Instructions to follow
What do the lines say from the one containing "self.first_day()..=self.last_day()" to the end of the records? Restate them word for word, and only those.

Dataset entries
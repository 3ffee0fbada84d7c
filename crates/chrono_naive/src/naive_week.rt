//! `NaiveWeek`: the week that contains a date and begins on a given weekday.
ghost use Rattle.std.specs.Prelude.{◌≡◌, pos, ◌+ℤ◌, IsTrue, IsSome, IfSome, ◌↔◌};
ghost use Rattle.std.specs.Ordering.{int_eq};
ghost use Rattle.chrono_calendar.specs.Days.{IsDate, date_of_day};
ghost use Rattle.chrono_calendar.specs.Weeks.{IsFirstOfWeek};
ghost use Rattle.chrono_naive.specs.DateLists.{IsRange, days_of_week};

use crate::naive_date::NaiveDate;
use std::marker::Model;
use std::ops::RangeInclusive;

/// Seven consecutive days, at least one of which is a date. Made by [`NaiveDate::week`].
///
/// Contracts see a week as the number of its first day. That day need not be a date: the week of
/// [`NaiveDate::MIN`] may begin before it. Two weeks are equal if they have the same seven days, and equal
/// weeks hash alike.
///
/// ```
/// let week = NaiveDate::from_ymd_opt(2024, 2, 29)?.week(Weekday::Mon);
/// (week.checked_first_day(), week.checked_last_day()) // (Some(2024-02-26), Some(2024-03-03))
/// ```
#[derive(Clone, Copy, Eq, Hash, Debug)]
pub struct NaiveWeek {
    first: i32,
}

impl Model for NaiveWeek {
    ghost use Rattle.std.specs.Prelude.{ℤ};
    ghost use Rattle.chrono_calendar.specs.Weeks.{IsFirstOfWeek};

    ghost Value = { ℤ };

    ghost view = { λ w. w.first };

    ghost invariant = { λ w. IsFirstOfWeek w.first };

    ghost inverse = { λ n. record { first = n } };
}

impl NaiveWeek {
    // The week whose first day has that number.
    #[inline]
    pub(crate) fn new(first: i32) -> NaiveWeek
        requires { IsFirstOfWeek first }
        ensures { result ≡ first }
    {
        NaiveWeek { first }
    }

    /// Returns the first day of the week.
    ///
    /// Requires that this day is a date. [`checked_first_day`](Self::checked_first_day) requires nothing.
    ///
    /// ```
    /// NaiveDate::from_ymd_opt(2024, 2, 29)?.week(Weekday::Mon).first_day() // 2024-02-26
    /// ```
    #[inline]
    pub fn first_day(&self) -> NaiveDate
        requires { IsDate self.now }
        ensures { result ≡ self.now }
    {
        self.checked_first_day().unwrap()
    }

    /// Returns the first day of the week.
    ///
    /// Returns `None` if this day is before [`NaiveDate::MIN`].
    ///
    /// ```
    /// NaiveDate::from_ymd_opt(2024, 2, 29)?.week(Weekday::Mon).checked_first_day() // Some(2024-02-26)
    /// NaiveDate::MIN.week(Weekday::Fri).checked_first_day() // None
    /// ```
    #[inline]
    pub fn checked_first_day(&self) -> Option<NaiveDate>
        ensures date { result ≡ date_of_day self.now }
        ensures exists { IsSome result ↔ IsDate self.now }
        ensures first { IfSome result (λ e. e ≡ self.now) }
    {
        NaiveDate::from_num_days_from_ce_opt(self.first)
    }

    /// Returns the last day of the week.
    ///
    /// Requires that this day is a date. [`checked_last_day`](Self::checked_last_day) requires nothing.
    ///
    /// ```
    /// NaiveDate::from_ymd_opt(2024, 2, 29)?.week(Weekday::Mon).last_day() // 2024-03-03
    /// ```
    #[inline]
    pub fn last_day(&self) -> NaiveDate
        requires { IsDate (self.now +ℤ pos 6) }
        ensures { result ≡ self.now +ℤ pos 6 }
    {
        self.checked_last_day().unwrap()
    }

    /// Returns the last day of the week.
    ///
    /// Returns `None` if this day is after [`NaiveDate::MAX`].
    ///
    /// ```
    /// NaiveDate::from_ymd_opt(2024, 2, 29)?.week(Weekday::Mon).checked_last_day() // Some(2024-03-03)
    /// NaiveDate::MAX.week(Weekday::Mon).checked_last_day() // None
    /// ```
    #[inline]
    pub fn checked_last_day(&self) -> Option<NaiveDate>
        ensures date { result ≡ date_of_day (self.now +ℤ pos 6) }
        ensures exists { IsSome result ↔ IsDate (self.now +ℤ pos 6) }
        ensures last { IfSome result (λ e. e ≡ self.now +ℤ pos 6) }
    {
        NaiveDate::from_num_days_from_ce_opt(self.first + 6)
    }

    /// Returns the days of the week, from the first to the last.
    ///
    /// Requires that both are dates. [`checked_days`](Self::checked_days) requires nothing.
    ///
    /// ```
    /// let days = NaiveDate::from_ymd_opt(2024, 2, 29)?.week(Weekday::Mon).days();
    /// (*days.start(), *days.end()) // (2024-02-26, 2024-03-03)
    /// ```
    #[inline]
    pub fn days(&self) -> RangeInclusive<NaiveDate>
        requires first { IsDate self.now }
        requires last { IsDate (self.now +ℤ pos 6) }
        ensures { IsRange self.now (self.now +ℤ pos 6) result }
    {
        self.first_day()..=self.last_day()
    }

    /// Returns the days of the week, from the first to the last.
    ///
    /// Returns `None` if the first or the last day is not a date.
    ///
    /// ```
    /// let days = NaiveDate::from_ymd_opt(2024, 2, 29)?.week(Weekday::Mon).checked_days()?;
    /// (*days.start(), *days.end()) // (2024-02-26, 2024-03-03)
    /// NaiveDate::MAX.week(Weekday::Mon).checked_days().is_none() // true
    /// ```
    #[inline]
    pub fn checked_days(&self) -> Option<RangeInclusive<NaiveDate>>
        ensures exists { IsSome result ↔ (IsDate self.now × IsDate (self.now +ℤ pos 6)) }
        ensures days { IfSome result (λ r. IsRange self.now (self.now +ℤ pos 6) r) }
    {
        let first = self.checked_first_day()?;
        let last = self.checked_last_day()?;
        Some(first..=last)
    }
}

impl PartialEq for NaiveWeek {
    ghost use Rattle.std.specs.Ordering.{int_eq};
    ghost use Rattle.std.proofs.Common.{rules};
    ghost use Rattle.std.specs.Cmp.Rules.{comparing};

    ghost eq = { int_eq };

    ghost laws = { Prim.search (comparing, rules) };

    /// Returns whether the two weeks have the same seven days.
    #[inline]
    fn eq(&self, other: &NaiveWeek) -> bool
        ensures number { result ≡ int_eq self.now other.now }
        ensures days { IsTrue result ↔ (days_of_week self.now ≡ days_of_week other.now) }
    {
        self.first == other.first
    }
}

Result
        self.first_day()..=self.last_day()
    }

    /// Returns the days of the week, from the first to the last.
    ///
    /// Returns `None` if the first or the last day is not a date.
    ///
    /// ```
    /// let days = NaiveDate::from_ymd_opt(2024, 2, 29)?.week(Weekday::Mon).checked_days()?;
    /// (*days.start(), *days.end()) // (2024-02-26, 2024-03-03)
    /// NaiveDate::MAX.week(Weekday::Mon).checked_days().is_none() // true
    /// ```
    #[inline]
    pub fn checked_days(&self) -> Option<RangeInclusive<NaiveDate>>
        ensures exists { IsSome result ↔ (IsDate self.now × IsDate (self.now +ℤ pos 6)) }
        ensures days { IfSome result (λ r. IsRange self.now (self.now +ℤ pos 6) r) }
    {
        let first = self.checked_first_day()?;
        let last = self.checked_last_day()?;
        Some(first..=last)
    }
}

impl PartialEq for NaiveWeek {
    ghost use Rattle.std.specs.Ordering.{int_eq};
    ghost use Rattle.std.proofs.Common.{rules};
    ghost use Rattle.std.specs.Cmp.Rules.{comparing};

    ghost eq = { int_eq };

    ghost laws = { Prim.search (comparing, rules) };

    /// Returns whether the two weeks have the same seven days.
    #[inline]
    fn eq(&self, other: &NaiveWeek) -> bool
        ensures number { result ≡ int_eq self.now other.now }
        ensures days { IsTrue result ↔ (days_of_week self.now ≡ days_of_week other.now) }
    {
        self.first == other.first
    }
}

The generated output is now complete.